Abbiamo detto all’inizio di questa nostra riflessione che la sessualità è ormai dissociata dall’affettività, il corpo è dissociato dal cuore, il piacere è dissociato dal sentimento per l’altro. L’etica e la morale non entrano in camera da letto. E neanche i limiti. A volte neanche il consenso.

Con queste premesse, il dilagare della pornografia non può certo stupire né, tantomeno, può meravigliare che le vittime del revenge porn siano prevalentemente le donne (esiste anche il contrario ovviamente, ma è molto circoscritto nei numeri).

La pornografia trasforma la donna in oggetto di piacere, descrive soggetti performanti, che vivono la sessualità come prestazione atletica e incita ad avere rapporti sessuali senza mostrare le conseguente devastanti sulla salute, rientrando essa tra le forme di compulsione.

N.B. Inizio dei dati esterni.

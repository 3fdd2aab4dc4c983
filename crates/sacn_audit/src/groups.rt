//! Multicast groups.

ghost use Rattle.std.specs.Prelude.{◌≡◌};
ghost use Rattle.sacn_audit.specs.Groups.{is_multicast, is_other_group};

use crate::limits::{FIRST_OF_MULTICAST, LAST_OF_MULTICAST};
use sacn_packets::multicast_group;

/// Whether an IPv4 address is a multicast address that isn't the group of this universe (E1.31, 9.3.1).
pub(crate) fn is_other_group(address: &[u8; 4], universe: u16) -> bool
    ensures { result ≡ is_other_group address.now universe }
{
    is_multicast(*address) & (*address != multicast_group(universe))
}

// Whether an IPv4 address is one of 224.0.0.0/4.
fn is_multicast(address: [u8; 4]) -> bool
    ensures { result ≡ is_multicast address }
{
    let [octet, _, _, _] = address;
    (FIRST_OF_MULTICAST <= octet) & (octet <= LAST_OF_MULTICAST)
}
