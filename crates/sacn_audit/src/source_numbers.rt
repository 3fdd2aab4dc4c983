//! By which numbers the packets of a source come, over all its universes.

ghost use Rattle.std.specs.Prelude.{◌≡◌};
ghost use Rattle.sacn_audit.specs.Counters.{counts_on, first_numbers, has_one_counter, numbers_after};

use crate::limits::COUNTED_ON;
use crate::number_habits::number_after;
use sacn_packets::DataView;

/// By which numbers the packets of a source come, over all its universes.
#[derive(Clone, Copy, PartialEq, Eq)]
pub struct SourceNumbers {
    /// The universe of the latest packet, 1 to 63999 (E1.31, 6.2.7).
    pub universe: u16,
    /// Its sequence number (E1.31, 6.2.5).
    pub number: u8,
    /// So many packets in a row are each on another universe than the packet before it and have the number after that one's: 8 for
    /// eight or more.
    pub counted_on: u8,
}

impl SourceNumbers {
    /// Those of a first packet.
    pub(crate) fn first(packet: &DataView<'_>) -> Self
        ensures { result ≡ first_numbers packet.now }
    {
        SourceNumbers {
            universe: packet.universe(),
            number: packet.number(),
            counted_on: 0,
        }
    }

    /// Those of a packet more, after those before it, where there are any.
    pub(crate) fn after(earlier: Option<Self>, packet: &DataView<'_>) -> Self
        ensures { result ≡ numbers_after packet.now earlier }
    {
        let Some(earlier) = earlier else {
            return SourceNumbers::first(packet);
        };
        let counted_on = if earlier.counts_on(packet) {
            earlier.counted_on.saturating_add(1).min(COUNTED_ON)
        } else {
            0
        };
        SourceNumbers {
            universe: packet.universe(),
            number: packet.number(),
            counted_on,
        }
    }

    /// Whether so many packets in a row count on that the universes have one counter.
    pub(crate) fn has_one_counter(self) -> bool
        ensures { result ≡ has_one_counter self }
    {
        self.counted_on == COUNTED_ON
    }

    // Whether a packet is on another universe than the latest one, and has the number after that one's.
    fn counts_on(self, packet: &DataView<'_>) -> bool
        ensures { result ≡ counts_on packet.now self }
    {
        (packet.universe() != self.universe) & (packet.number() == number_after(self.number))
    }
}
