//! A source, over all its universes.

ghost use Rattle.std.specs.Prelude.{◌≡◌};
ghost use Rattle.sacn_audit.specs.Networks.{first_heard, first_source, is_elsewhere, is_from, source_after, source_after_page, source_at};

use crate::breach::Breach;
use crate::page_habits::PageHabits;
use crate::page_verdict::PageVerdict;
use crate::source_numbers::SourceNumbers;
use sacn_packets::{DataView, PageView};
use sacn_sources::NETWORK_DATA_LOSS;

/// A source, over all its universes. Moments are in milliseconds.
#[derive(Clone, Copy, PartialEq, Eq)]
pub struct SourceAudit {
    /// Its CID, a UUID (E1.31, 5.6).
    pub cid: [u8; 16],
    /// The field of its name in the latest packet or page (E1.31, 6.2.2), all 64 octets.
    pub name: [u8; 64],
    /// The IPv4 address that the latest packet or page came from.
    pub address: [u8; 4],
    /// The moment of the first packet or page.
    pub first: u64,
    /// The moment of the latest packet or page: the greatest that was handed in with one of these.
    pub moment: u64,
    /// One CID at two addresses at once (E1.31, 5.6: no other component has it). Broken at each packet or page that comes from another address
    /// than what came of this source before it, at most 2500 ms later, for as long as a silent source counts (6.7.1). So a source
    /// that moves breaks it once, and two devices with one CID do so again and again, as one device does that sends from two
    /// addresses.
    pub two_senders: Breach,
    /// The numbers of its packets, whatever universes they are on; none before its first packet with data.
    pub numbers: Option<SourceNumbers>,
    /// One counter for several universes (E1.31, 6.2.5 and 6.7: a sequence for each universe): eight packets of this source in a row
    /// are each on another universe than the packet before it and have the number after that one's. Broken at the eighth, and at each
    /// further one. Pages in between count for nothing.
    pub one_counter: Breach,
    /// What its pages of universe discovery are like.
    pub pages: PageHabits,
}

impl SourceAudit {
    /// A source whose first packet this is.
    pub(crate) fn begin(moment: u64, address: [u8; 4], packet: &DataView<'_>) -> Self
        ensures { result ≡ first_source moment address packet.now }
    {
        let heard = SourceAudit::first(moment, address, packet.cid(), *packet.name_field());
        SourceAudit {
            numbers: Some(SourceNumbers::first(packet)),
            ..heard
        }
    }

    /// A source whose first page of universe discovery came before any packet of it.
    pub(crate) fn begin_by_page(moment: u64, address: [u8; 4], page: &PageView<'_>) -> Self
        ensures { result ≡ first_heard moment address page.now.cid page.now.name }
    {
        SourceAudit::first(moment, address, page.cid(), *page.name_field())
    }

    fn first(moment: u64, address: [u8; 4], cid: [u8; 16], name: [u8; 64]) -> Self
        ensures { result ≡ first_heard moment address cid name }
    {
        SourceAudit {
            cid,
            name,
            address,
            first: moment,
            moment,
            two_senders: Breach::none(),
            numbers: None,
            one_counter: Breach::none(),
            pages: PageHabits::first(moment),
        }
    }

    /// One packet more.
    pub(crate) fn hear(&mut self, moment: u64, address: [u8; 4], packet: &DataView<'_>)
        ensures { self.new ≡ source_after moment address packet.now self.old }
    {
        let moment = moment.max(self.moment);
        let numbers = SourceNumbers::after(self.numbers, packet);
        self.one_counter.note_if(numbers.has_one_counter(), moment);
        self.numbers = Some(numbers);
        self.pages.hear(moment, self.moment);
        self.appear(moment, address, packet.name_field());
    }

    /// One page of universe discovery more, and what it says beside the streams that are heard.
    pub(crate) fn hear_page(
        &mut self,
        moment: u64,
        address: [u8; 4],
        page: &PageView<'_>,
        verdict: PageVerdict,
    )
        ensures { self.new ≡ source_after_page moment address page.now verdict self.old }
    {
        let moment = moment.max(self.moment);
        self.pages.hear_page(moment, self.moment, verdict);
        self.appear(moment, address, page.name_field());
    }

    // It is heard at a moment, from an address, under a name.
    fn appear(&mut self, moment: u64, address: [u8; 4], name: &[u8; 64])
        ensures { self.new ≡ source_at moment address name.now self.old }
    {
        let is_elsewhere = self.is_elsewhere(moment, &address);
        self.two_senders.note_if(is_elsewhere, moment);
        self.name = *name;
        self.address = address;
        self.moment = moment;
    }

    /// Whether it is this source.
    pub(crate) fn is_from(&self, cid: &[u8; 16]) -> bool
        ensures { result ≡ is_from cid.now self.now }
    {
        self.cid == *cid
    }

    // Whether a packet at this moment comes from another address, and so soon that the source has two at once.
    fn is_elsewhere(&self, moment: u64, address: &[u8; 4]) -> bool
        ensures { result ≡ is_elsewhere moment address.now self.now }
    {
        (self.address != *address) & (moment.saturating_sub(self.moment) <= NETWORK_DATA_LOSS)
    }
}
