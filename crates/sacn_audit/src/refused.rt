//! What can't be read, by its sender and why.

ghost use Rattle.std.specs.Prelude.{◌≡◌, ◌<◌, ◌++◌, ◌∷◌, [], None, IfOk, length, slice_index_or, slice_set};
ghost use Rattle.sacn_audit.specs.declared.limits.TheConstants.{MAX_REFUSED};
ghost use Rattle.sacn_audit.specs.Refusals.{first_refused, is_alike, is_kept, place_refused, refused_after, refused_again};

use crate::breach::Breach;
use crate::limits::MAX_REFUSED;
use sacn_packets::PacketFault;
use std::alloc::{AllocError, Global};
use std::marker::Model;

/// The datagrams of one sender that can't be read for one reason.
#[derive(Clone, Copy, PartialEq, Eq)]
pub struct RefusedPackets {
    /// The sender's IPv4 address.
    pub address: [u8; 4],
    /// The first check of a packet that they fail.
    pub fault: PacketFault,
    /// How many there were, and when.
    pub breach: Breach,
}

impl RefusedPackets {
    fn begin(moment: u64, address: [u8; 4], fault: PacketFault) -> Self
        ensures { result ≡ first_refused moment address fault }
    {
        let mut breach = Breach::none();
        breach.note(moment);
        RefusedPackets {
            address,
            fault,
            breach,
        }
    }

    fn hear(&mut self, moment: u64)
        ensures { self.new ≡ refused_again moment self.old }
    {
        self.breach.note(moment);
    }

    fn is_alike(&self, address: &[u8; 4], fault: PacketFault) -> bool
        ensures { result ≡ is_alike address.now fault self.now }
    {
        self.address == *address && self.fault.number() == fault.number()
    }
}

/// Up to `MAX_REFUSED` pairs of a sender and a fault in the order in which they appeared, each once.
#[derive(Drop)]
pub(crate) struct RefusedRegister {
    refused: Vec<RefusedPackets>,
}

impl Model for RefusedRegister {
    ghost use Rattle.std.specs.Prelude.{List, ◌≤◌, vec_capacity};
    ghost use Rattle.sacn_audit.specs.declared.limits.TheConstants.{MAX_REFUSED};
    ghost use Rattle.sacn_audit.specs.declared.refused.RefusedPackets.{RefusedPackets};

    ghost Value = { List RefusedPackets };

    ghost view = { λ r. r.refused.items };

    ghost invariant = { λ r. MAX_REFUSED ≤ vec_capacity r.refused };
}

impl RefusedRegister {
    /// Nothing that can't be read, with all its room taken in one request.
    ///
    /// Errors: the request was refused.
    pub(crate) fn new(alloc: Global) -> Result<Self, AllocError>
        ensures { IfOk result (λ r. r ≡ []) }
    {
        Ok(RefusedRegister {
            refused: Vec::with_capacity(alloc, MAX_REFUSED)?,
        })
    }

    pub(crate) fn as_slice(&self) -> &[RefusedPackets]
        ensures { result.now ≡ self.now }
    {
        self.refused.as_slice()
    }

    /// A datagram: of a pair that is there, or of a further one, where there is room. Returns whether there was.
    pub(crate) fn hear(&mut self, moment: u64, address: [u8; 4], fault: PacketFault) -> bool
        ensures kept { result ≡ is_kept address fault self.old }
        ensures refused { self.new ≡ refused_after moment address fault self.old }
    {
        match place_in(self.refused.as_slice(), &address, fault) {
            Some(at) => {
                self.hear_at(at, moment);
                true
            }
            None => self.admit(moment, address, fault),
        }
    }

    // A datagram of the pair at a place.
    fn hear_at(&mut self, at: usize, moment: u64)
        requires { at < length self.old }
        ensures { (r : RefusedPackets) → self.new ≡ slice_set self.old at (refused_again moment (slice_index_or self.old at r)) }
    {
        self.refused[at].hear(moment);
    }

    // The first datagram of a pair. Returns whether there was room for it.
    fn admit(&mut self, moment: u64, address: [u8; 4], fault: PacketFault) -> bool
        requires { place_refused address fault self.old ≡ None }
        ensures kept { result ≡ is_kept address fault self.old }
        ensures refused { self.new ≡ refused_after moment address fault self.old }
    {
        if self.refused.len() >= MAX_REFUSED {
            return false;
        }
        self.push(RefusedPackets::begin(moment, address, fault));
        true
    }

    // A pair more.
    fn push(&mut self, refused: RefusedPackets)
        requires { length self.old < MAX_REFUSED }
        ensures { self.new ≡ self.old ++ refused ∷ [] }
    {
        self.refused.push_reserved(refused);
    }
}

// The place of a pair.
fn place_in(refused: &[RefusedPackets], address: &[u8; 4], fault: PacketFault) -> Option<usize>
    ensures { result ≡ place_refused address.now fault refused.now }
{
    refused
        .iter()
        .position(|packets| packets.is_alike(address, fault))
}
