//! How fast packets come, by whole seconds of the clock.

ghost use Rattle.std.specs.Prelude.{◌≡◌, ◌==◌, ◌+◌};
ghost use Rattle.sacn_audit.specs.Audits.{first_pace, pace_after, is_too_fast};

use crate::limits::{MOST_IN_A_SECOND, SECOND};

/// Of the packets in a second no more are told apart than the first one that is too many, and one further.
const TOLD_APART: u8 = MOST_IN_A_SECOND + 2;

/// How many packets the latest second has.
#[derive(Clone, Copy, PartialEq, Eq)]
pub struct Pace {
    /// The second of the latest packet, in whole seconds of the clock.
    pub second: u64,
    /// The packets in it: 46 for 46 or more.
    pub count: u8,
    /// Whether the second before it had more than 44.
    pub follows_many: bool,
}

impl Pace {
    /// One packet, at this moment.
    pub(crate) fn begin(moment: u64) -> Self
        ensures { result ≡ first_pace moment }
    {
        Pace {
            second: moment / SECOND,
            count: 1,
            follows_many: false,
        }
    }

    /// One packet more, at this moment.
    pub(crate) fn count(&mut self, moment: u64)
        ensures { self.new ≡ pace_after moment self.old }
    {
        let second = moment / SECOND;
        if second == self.second {
            self.count = self.count.saturating_add(1).min(TOLD_APART);
        } else {
            self.follows_many = self.is_next(second) & (self.count > MOST_IN_A_SECOND);
            self.count = 1;
            self.second = second;
        }
    }

    /// Whether the latest packet is the first one too many of its second, and the second before it had too many, too.
    pub(crate) fn is_too_fast(&self) -> bool
        ensures { result ≡ is_too_fast self.now }
    {
        self.follows_many & (self.count == MOST_IN_A_SECOND + 1)
    }

    // Whether it is the second after the latest.
    fn is_next(&self, second: u64) -> bool
        ensures { result ≡ (second == self.now.second + 1) }
    {
        self.second < second && second - self.second == 1
    }
}
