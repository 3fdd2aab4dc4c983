//! The numbers of the rules.

/// Milliseconds in a second.
pub(crate) const SECOND: u64 = 1000;

/// The most packets of a stream in a second (E1.31, 6.6.1): the greatest refresh rate of E1.11 for 512 slots.
pub(crate) const MOST_IN_A_SECOND: u8 = 44;

/// The most milliseconds between packets with levels of a stream that goes on (E1.31, 6.6.2).
pub(crate) const LONGEST_GAP: u64 = 1000;

/// A stream that sent nothing for more milliseconds than this has stopped repeating what it shows: it only keeps alive.
pub(crate) const LONGEST_REPEAT: u64 = 500;

/// So many packets show what has changed before a source may send less often (E1.31, 6.6.2), and so many end a stream
/// (E1.31, 6.2.6).
pub(crate) const COPIES: u8 = 3;

/// Packets that end a stream and come fewer milliseconds apart than this may be lost together.
pub(crate) const SHORTEST_BETWEEN_ENDS: u64 = 20;

/// A source that passed over one number so many turns in a row leaves it out by habit.
pub(crate) const TURNS: u8 = 3;

/// So many packets in a row with one number aren't copies that were made on the way.
pub(crate) const COPIES_IN_A_ROW: u8 = 4;

/// So many packets in a row that go on counting from one universe to another show that the universes have one counter.
pub(crate) const COUNTED_ON: u8 = 8;

/// The first octet of a multicast address of IPv4 is one of these: 224.0.0.0/4.
pub(crate) const FIRST_OF_MULTICAST: u8 = 224;

pub(crate) const LAST_OF_MULTICAST: u8 = 239;
/// A source sends its list of universes at least so often, in milliseconds (E1.31, 4.3 and appendix A:
/// E131_UNIVERSE_DISCOVERY_INTERVAL).
pub(crate) const LIST_INTERVAL: u64 = 10_000;

/// The most milliseconds without a list of universes: the interval, and two seconds of slack.
pub(crate) const LONGEST_WITHOUT_LIST: u64 = LIST_INTERVAL + 2000;

/// The start code of priorities for slots, beside 0 for levels.
pub(crate) const PRIORITY_START_CODE: u8 = 0xDD;

/// The most streams that an audit of a network keeps, and the most sources. A packet of a further stream is counted as untracked.
pub const MAX_STREAMS: usize = 1024;

/// The most pairs of a sender and a fault that an audit of a network keeps of what can't be read. A datagram of a further pair is
/// counted as untracked.
pub const MAX_REFUSED: usize = 256;

/// How many hints there are of the places of streams, and of sources.
pub(crate) const HINTS: usize = 65536;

Prevenzione. Bella parola!

Se la prevenzione che si propone a bambini e ragazzi sono gli Standard per l’educazione sessuale in Europa, l’abbattimento degli stereotipi di genere che conduce all’indifferentismo sessuale, le “istruzioni per l’uso” – hai un corpo, usalo, ma ricorda il preservativo che ti salva dalle malattie e da quella robaccia chiamata gravidanza indesiderata (bambino) – allora di cosa ci stupiamo?

Se l’unica cosa che sappiamo fornire sono gli strumenti (organi genitali, preservativo, pillola del giorno prima e del giorno dopo, aborto come mezzo di contraccezione) perché oggi ci meravigliamo del fatto che la pornografia sia stata completamente sdoganata? E che le pratiche affini – revenge porn – sia una pratica diffusa anche tra giovani e giovanissimi?

È veramente internet il pericolo o la mancanza di basi culturali, etiche, educative, religiose?